You may not be familiar with the Mosseris, but given that Instagram sponsored the Met Gala this year, you should be, given that the Israeli-American businessman is the company’s head. He and his wife, Monica, arrived at the red carpet in outfits that seemed more harlequin than all-American, but at least Mosseri wasn’t just wearing a plain black suit like so many of the men do.

Zoe Kravitz

Zoe Kravitz in whatever we call the garment she's wearing.

Zoe Kravitz in whatever we call the garment she’s wearing.

Is Kravitz’s outfit a dress, a huge piece of jewelry or some type of chainmail? I’m not sure, nor do I really care; I loved it. Plus, it takes some chutzpah to show up more or less naked, which I respect. My only concern is that it looks a bit uncomfortable to sit in — lots of metal to dig into your thighs — but I have no idea what gala attendees actually do once they all get inside the museum, so maybe there’s no sitting involved.

Dan Levy

Dan Levy boasts a map-based outfit.

Dan Levy boasts a map-based outfit. Image by Getty Images

Levy’s outfit was also not exactly clothing. The creator and star of the hit sitcom “Schitt’s Creek” showed up in a suit made of maps, cut to create a form of two men kissing across the middle of his chest. Inspired by American artist and AIDS activist David Wojnarowicz, Levy wanted to highlight LGBTQ love. The maps nod to the globalization of culture, or at least that’s how I read it.

Ben Platt

Ben Platt attends the Met Gala.

Ben Platt attends the Met Gala. Image by Getty Images

The Broadway star arrived in a vintage all-denim outfit. “Dear Evan Hansen,” the musical which shot Platt to fame, is soon to come out as a movie, and is perhaps responsible for Platt’s first invite to the Gala.
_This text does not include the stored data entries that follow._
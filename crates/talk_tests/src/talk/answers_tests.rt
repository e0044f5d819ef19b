//! Worked exchanges, byte for byte.
use crate::talk::devices::{Devices, Host, Still, expect_talk, in_pieces, made_host};
use interleaved::{ListSink, ListSource};
use relay_talk::{TalkEnd, do_talk};
use rtsp_message::Fault;
use session_words::FixedWord;
use std::alloc::Global;
use std::process::Abort;
use std::test::Fail;

const OPTIONS: &[u8] = b"OPTIONS * RTSP/1.0\r\nCSeq: 1\r\n\r\n";

const OPTIONS_REPLY: &[u8] =
    b"RTSP/1.0 200 OK\r\nCSeq: 1\r\nPublic: OPTIONS, DESCRIBE, ANNOUNCE, SETUP, PLAY, PAUSE, RECORD, TEARDOWN, GET_PARAMETER\r\n\r\n";

/// Asserts the answer to an input, whatever pieces it comes in.
fn expect_answer(
    rt: &impl Abort,
    host: Host,
    input: &[u8],
    want: &[u8],
    want_end: &TalkEnd,
) -> Result<(), Fail> {
    for piece in [1, 2, 7, 100_000] {
        expect_talk(rt, host, input, in_pieces(piece), want, want_end)?;
    }
    Ok(())
}

#[test]
fn options_in_any_pieces(rt: HostRuntime) -> Result<(), Fail> {
    let host = made_host(&rt, 7)?;
    for piece in 1..40 {
        expect_talk(
            &rt,
            host,
            OPTIONS,
            in_pieces(piece),
            OPTIONS_REPLY,
            &TalkEnd::Done,
        )?;
    }
    Ok(())
}

/// Streams, and what is written for them.
const ANSWERS: [(&[u8], &[u8]); 9] = [
    (b"", b""),
    (b"OPTIONS * RTSP/1.0\r\nCSeq: 1\r\n\r", b""),
    (
        b"OPTIONS * RTSP/1.0\ncseq:7\n\n",
        b"RTSP/1.0 200 OK\r\nCSeq: 7\r\nPublic: OPTIONS, DESCRIBE, ANNOUNCE, SETUP, PLAY, PAUSE, RECORD, TEARDOWN, GET_PARAMETER\r\n\r\n",
    ),
    (
        b"options * RTSP/1.0\ncseq:7\n\n",
        b"RTSP/1.0 501 Not Implemented\r\nCSeq: 7\r\n\r\n",
    ),
    (
        b"x * RTSP/1.0\r\nCSeq: 00003\r\n\r\n",
        b"RTSP/1.0 501 Not Implemented\r\nCSeq: 3\r\n\r\n",
    ),
    (
        b"OPTIONS * RTSP/1.0\r\n\r\n",
        b"RTSP/1.0 400 Bad Request\r\n\r\n",
    ),
    (
        b"OPTIONS * RTSP/1.0\r\nCSeq: 4294967296\r\n\r\n",
        b"RTSP/1.0 400 Bad Request\r\n\r\n",
    ),
    (
        b"OPTIONS * RTSP/2.0\r\nCSeq: 9\r\n\r\n",
        b"RTSP/1.0 505 RTSP Version Not Supported\r\nCSeq: 9\r\n\r\n",
    ),
    // The data of a frame is no message, whatever it looks like; and the beginning of one more.
    (
        b"$\x00\x00\x00\r\nx * RTSP/1.0\nCSeq: 1\n\n$\x01\x00\x16x * RTSP/1.0\nCSeq: 2\n\nx * RTSP/1.0\nContent-Length: 2\nCSeq: 3\n\n$\n$\x00\x00\x01",
        b"RTSP/1.0 501 Not Implemented\r\nCSeq: 1\r\n\r\nRTSP/1.0 501 Not Implemented\r\nCSeq: 3\r\n\r\n",
    ),
];

#[test]
fn answers_byte_for_byte(rt: HostRuntime) -> Result<(), Fail> {
    let host = made_host(&rt, 7)?;
    for (input, want) in &ANSWERS {
        expect_answer(&rt, host, input, want, &TalkEnd::Done)?;
    }
    Ok(())
}

/// Bad beginnings of a message, each with what is written and the fault.
const FAULTS: [(&[u8], &[u8], Fault); 5] = [
    (b"HELLO\r\n", BAD_REQUEST, Fault::BadLine),
    (b" OPTIONS * RTSP/1.0\r\n", BAD_REQUEST, Fault::BadLine),
    (
        b"OPTIONS * RTSP/1.0\r\nCSeq : 1\r\n",
        BAD_REQUEST,
        Fault::BadHeader,
    ),
    (
        b"OPTIONS * RTSP/1.0\r\ncontent-LENGTH: x\r\n",
        BAD_REQUEST,
        Fault::BadLength,
    ),
    (
        b"OPTIONS * RTSP/1.0\r\nContent-Length: 65537\r\n",
        TOO_LARGE,
        Fault::BodyTooLong,
    ),
];

const BAD_REQUEST: &[u8] = b"RTSP/1.0 400 Bad Request\r\n\r\n";

const TOO_LARGE: &[u8] = b"RTSP/1.0 413 Request Entity Too Large\r\n\r\n";

/// Returns one text after another.
fn joined(alloc: Global, first: &[u8], second: &[u8]) -> Result<Vec<u8>, Fail> {
    let mut bytes = Vec::from_slice(alloc, first)?;
    bytes.extend_from_slice(second)?;
    Ok(bytes)
}

/// Asserts that the fault ends the talk, after the answer to what came before it.
fn expect_fault(
    rt: &impl Abort,
    host: Host,
    bad: &[u8],
    reply: &[u8],
    fault: Fault,
) -> Result<(), Fail> {
    let input = joined(host.alloc, OPTIONS, bad)?;
    let want = joined(host.alloc, OPTIONS_REPLY, reply)?;
    let end = TalkEnd::StreamFault(fault);
    expect_answer(rt, host, bad, reply, &end)?;
    expect_answer(rt, host, input.as_slice(), want.as_slice(), &end)
}

#[test]
fn each_fault_alone_and_behind_a_reply(rt: HostRuntime) -> Result<(), Fail> {
    let host = made_host(&rt, 7)?;
    for (bad, reply, fault) in &FAULTS {
        expect_fault(&rt, host, bad, reply, *fault)?;
    }
    Ok(())
}

#[test]
fn a_head_too_long(rt: HostRuntime) -> Result<(), Fail> {
    let many = Vec::from_elem(rt.alloc(), b'A', 8192)?;
    expect_fault(
        &rt,
        made_host(&rt, 7)?,
        many.as_slice(),
        TOO_LARGE,
        Fault::HeadTooLong,
    )
}

/// Returns what a talk reports: the status, the line for standard error and the output.
fn told(host: Host, input: &[u8], devices: Devices) -> Result<String, Fail> {
    let bytes = Vec::from_slice(host.alloc, input)?;
    let source = ListSource::new(bytes, devices.piece.max(1), devices.fail_at);
    let mut sink = ListSink::new(host.alloc, devices.room)?;
    let ended = do_talk(
        host.alloc,
        host.hasher,
        source,
        &mut sink,
        &mut FixedWord(host.word),
        &mut Still,
    )?;
    let output = String::from_utf8_lossy(host.alloc, sink.bytes())?;
    Ok(format!(in host.alloc; "{} {}|{output}", ended.status, ended.line)?)
}

/// Inputs with the place at which the source fails, the sink's room, and what is reported.
const TOLD: [(&[u8], Option<usize>, usize, &str); 4] = [
    (
        b"x * x\nCSeq: 3\n\n",
        None,
        100,
        "0 |RTSP/1.0 505 RTSP Version Not Supported\r\nCSeq: 3\r\n\r\n",
    ),
    (
        b"HELLO\r\n",
        None,
        100,
        "1 relay: stream fault 1|RTSP/1.0 400 Bad Request\r\n\r\n",
    ),
    (OPTIONS, Some(3), 100, "1 relay: read failed|"),
    (OPTIONS, None, 3, "1 relay: write failed|RTS"),
];

#[test]
fn a_talk_ends_with_its_status_and_line(rt: HostRuntime) -> Result<(), Fail> {
    let host = made_host(&rt, 7)?;
    for (input, fail_at, room, want) in &TOLD {
        let devices = Devices {
            piece: 100,
            fail_at: *fail_at,
            room: *room,
        };
        assert!(rt; told(host, input, devices)?.as_str() == *want);
    }
    Ok(())
}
His cowboy attire definitely felt on-theme and all-American, though I’m disappointed by the lack of a chaps component.

Ella Emhoff

Ella Emhoff in Stella McCartney.

Ella Emhoff in Stella McCartney. Image by Getty Images

The not-Jewish daughter of our Jewish Second Husband Doug Emhoff, Ella is a textiles student at the Pratt Institute in Brooklyn. She wore a red jumpsuit from Jewish designer Stella McCartney which was apparently very comfortable. It reminded me of clowns, but also Ella is a fashion student and budding model and I am distinctly not, so what do I know.

Tracee Ellis Ross

Tracee Ellis Ross poses for photographers at the Met Gala.

Tracee Ellis Ross poses for photographers at the Met Gala. Image by Getty Images

To close out my personal list of looks, the completely ageless Tracee Ellis Ross, who is somehow 48, went for a bold, royal blue trench coat dress situation and a blunt bob. She looked like she was having a great time, and really seems to be doing the whole Met Gala thing right.